19. In the SIEM Migration rules list ensure that the Deploy switch has been enabled for the following rules and then select Next : Review and migrate >.

    • ESCU - Windows Query Registry Reg Save - Rule
    • ESCU - Windows Rapid Authentication on Multiple Hosts - Rule
    • ESCU - Windows Remote Access Software BRC4 Loaded Dll - Rule
    • ESCU - Windows RDP Connection Successful - Rule

    

20. Clear the filter, then search for ESCU - Windows Updates and note that the Translation State for the following rules is currently Not Translated.

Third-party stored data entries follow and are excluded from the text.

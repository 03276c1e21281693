// Prints what is ordered of a writer, and what comes back.
#![tactic(auto)]

ghost use Rattle.std.specs.Prelude.{◌≤◌};

use refusals::Refusal;
use std::io;

// Orders a width into a buffer of a length: prints both, and the answer.
pub fn order<const N: usize, F: FnOnce(usize, &mut [u8]) -> Result<usize, Refusal>>(
    rt: &impl Print,
    writer: F,
    width: usize,
) -> io::Result<()>
    requires callable { F.IsAlwaysCallable writer }
    requires short { N ≤ 65536 }
{
    let mut buffer = [255u8; N];
    order_into(rt, writer, width, &mut buffer)
}

// The same, and then the buffer. Each byte of it is FF at first, so that what is left as it was can be seen.
pub fn show<const N: usize, F: FnOnce(usize, &mut [u8]) -> Result<usize, Refusal>>(
    rt: &impl Print,
    writer: F,
    width: usize,
) -> io::Result<()>
    requires callable { F.IsAlwaysCallable writer }
    requires short { N ≤ 65536 }
{
    let mut buffer = [255u8; N];
    order_into(rt, writer, width, &mut buffer)?;
    print_line(rt, &buffer)
}

fn order_into<F: FnOnce(usize, &mut [u8]) -> Result<usize, Refusal>>(
    rt: &impl Print,
    writer: F,
    width: usize,
    buffer: &mut [u8],
) -> io::Result<()>
    requires { F.IsAlwaysCallable writer }
{
    let long = buffer.len();
    print!(rt; "width {width} buffer {long}")?;
    print_answer(rt, writer(width, buffer))
}

// The answer, which ends the line.
pub fn print_answer(rt: &impl Print, answer: Result<usize, Refusal>) -> io::Result<()> {
    match answer {
        Ok(count) => println!(rt; " wrote {count}"),
        Err(Refusal { number, place }) => println!(rt; " refused {number} {place}"),
    }
}

// A line of bytes in hexadecimal.
pub fn print_line(rt: &impl Print, bytes: &[u8]) -> io::Result<()> {
    for byte in bytes {
        print!(rt; " {byte:02X}")?;
    }
    println!(rt)
}
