// What printing answers of a checked file, from its own numbers. The text goes straight to the lent buffer where that is long enough for any text
// of such a file, and otherwise through a list of the call's own, so that a refusal changes nothing that was lent.
#![tactic(auto)]

ghost use Rattle.std.specs.Prelude.{length};
ghost use Rattle.meaning.specs.ListPrint.{printing_of};
ghost use Rattle.answers.specs.Answers.{Answers};
ghost use Rattle.ndl_answer.specs.Numbered.{Numbered};
ghost use Rattle.print_lines.specs.Standing.{FileTold};

use print_lines::put_file;
use refusals::Refusal;

// Through a list that has room for it: its length decides.
fn tell_through(numbers: &[u16], text: &mut [u8], out: &mut [u8]) -> Result<usize, Refusal>
    requires { FileTold numbers.now text.old }
    ensures { (t : FileTold numbers.now text.old)
        → Answers (printing_of (length out.old) t.ms) out.old out.new result }
{
    let count = put_file(numbers, text);
    write_order::answer::answer(&text[..count], out)
}

// The text of a file of so many bytes has at most 6 for each. Where the buffer has these it is written at once.
pub fn tell(numbers: &[u16], size: usize, out: &mut [u8]) -> Result<usize, Refusal>
    requires { Numbered numbers.now size }
    ensures { (t : Numbered numbers.now size)
        → Answers (printing_of (length out.old) t.ms) out.old out.new result }
{
    if 6 * size <= out.len() {
        return Ok(put_file(numbers, out));
    }
    if size <= 1024 {
        let mut text = [0u8; 6144];
        return tell_through(numbers, &mut text, out);
    }
    let mut text = [0u8; 393210];
    tell_through(numbers, &mut text, out)
}
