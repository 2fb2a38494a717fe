// Lists the stored streams in data/, each under its name.
#![tactic(auto)]

use listing::{list_stream, read_input};
use std::fs::File;

static CASES: [&str; 22] = [
    "five",
    "five_then_kind_5",
    "empty",
    "kind_5",
    "kind_6",
    "kind_7",
    "ends_in_set",
    "ends_in_lift",
    "ends_in_move",
    "ends_in_plan_for",
    "ends_in_plan_within",
    "padding_of_set",
    "padding_of_lift",
    "padding_of_move",
    "padding_of_plan_for",
    "first_padding_bit",
    "padding_of_plan_within",
    "stops_at_the_first_fault",
    "extremes",
    "longest",
    "longest_with_a_fault",
    "one_byte_more",
];

fn main(rt: HostRuntime) -> anyhow::Result<()> {
    let heap = rt.alloc();
    for name in CASES {
        let path = format!(in heap; "{name}.orders")?;
        let bytes = read_input(heap, &mut File::open(&rt, &path)?)?;
        let text = list_stream(heap, &bytes)?;
        print!(rt; "{name}:\n{text}")?;
    }
    Ok(())
}
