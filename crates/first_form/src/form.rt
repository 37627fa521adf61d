ghost use Rattle.std.specs.Prelude.{◌≡◌, length, IfOk};
ghost use Rattle.std.specs.List.{filter_map, list_all};
ghost use Rattle.straight_laws.specs.Straight.{begins_with_zero};
ghost use Rattle.c_prog.specs.Valid.Functions.{is_main};
ghost use Rattle.first_form.specs.Form.{is_plain, is_plain_main, is_only_main, is_first_form, plain_of, first_body, plains_of};

use crate::plain::{Plain, has_some, plain_of};
use c_prog::{FnKind, Function, Global as Variable, GlobalKind, Program, Stmt};
use cfix_base::NoMemory;
use std::alloc::Global;

fn begins_with_zero(kind: GlobalKind) -> bool
    ensures { result ≡ begins_with_zero kind }
{
    match kind {
        GlobalKind::Int(number) => number == 0,
        _ => false,
    }
}

fn are_zeros(globals: &[Variable]) -> bool
    ensures { result ≡ list_all (λ global. begins_with_zero global.kind) globals.now }
{
    for global in globals {
        if !begins_with_zero(global.kind) {
            return false;
        }
    }
    true
}

fn are_plain(count: usize, body: &[Stmt]) -> bool
    ensures { result ≡ list_all (is_plain count) body.now }
{
    for stmt in body {
        if plain_of(count, stmt).is_none() {
            return false;
        }
    }
    true
}

/// `int main` without parameters.
fn is_main(function: &Function) -> bool
    ensures { result ≡ is_main function.now }
{
    function.name.as_slice() == b"main".as_slice()
        && function.kind == FnKind::Int
        && function.params.len() == 0
}

fn is_plain_main(count: usize, function: &Function) -> bool
    ensures { result ≡ is_plain_main count function.now }
{
    is_main(function) && (!has_some(&function.start) && are_plain(count, function.body.as_slice()))
}

fn is_only_main(count: usize, functions: &[Function]) -> bool
    ensures { result ≡ is_only_main count functions.now }
{
    match functions {
        [function] => is_plain_main(count, function),
        _ => false,
    }
}

/// Whether a program is of the first form.
pub fn is_first_form(program: &Program) -> bool
    ensures { result ≡ is_first_form program.now }
{
    let tree = program.tree();
    let globals = tree.globals.as_slice();
    !has_some(&tree.starts)
        && (are_zeros(globals) && is_only_main(globals.len(), tree.functions.as_slice()))
}

fn collect(alloc: Global, count: usize, body: &[Stmt]) -> Result<Vec<Plain>, NoMemory>
    ensures { IfOk result (λ plains. plains.items ≡ filter_map (plain_of count) body.now) }
{
    let mut plains = Vec::new(alloc);
    for stmt in body {
        if let Some(plain) = plain_of(count, stmt) {
            plains.push(plain)?;
        }
    }
    Ok(plains)
}

fn first_body(functions: &[Function]) -> &[Stmt]
    ensures { result.now ≡ first_body functions.now }
{
    match functions {
        [] => &[],
        [function, ..] => function.body.as_slice(),
    }
}

/// The statements of a program of the first form.
pub fn plains_of(alloc: Global, program: &Program) -> Result<Vec<Plain>, NoMemory>
    ensures { IfOk result (λ plains. plains.items ≡ plains_of program.now) }
{
    let tree = program.tree();
    collect(
        alloc,
        tree.globals.len(),
        first_body(tree.functions.as_slice()),
    )
}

    • ESCU - Windows Updates Install Failures
    • ESCU - Windows Updates Install Successes

    These rules could not be automatically translated by the SIEM Migration engine and will have to be re-created manually.

21. To continue with the migration select Next : Review and migrate >.

22. Review the list of SIEM Migration rules to ensure that the appropriate rules have been selected and then select Deploy.

    It may take a couple of minutes to complete the installation of the queries into Sentinel and build out the analytics rules.

23. Once the installation of all the SIEM Migration rules has completed select Done to return to the Microsoft Sentinel | Content hub panel.

    

24. On the confirmation screen select OK to complete the migration.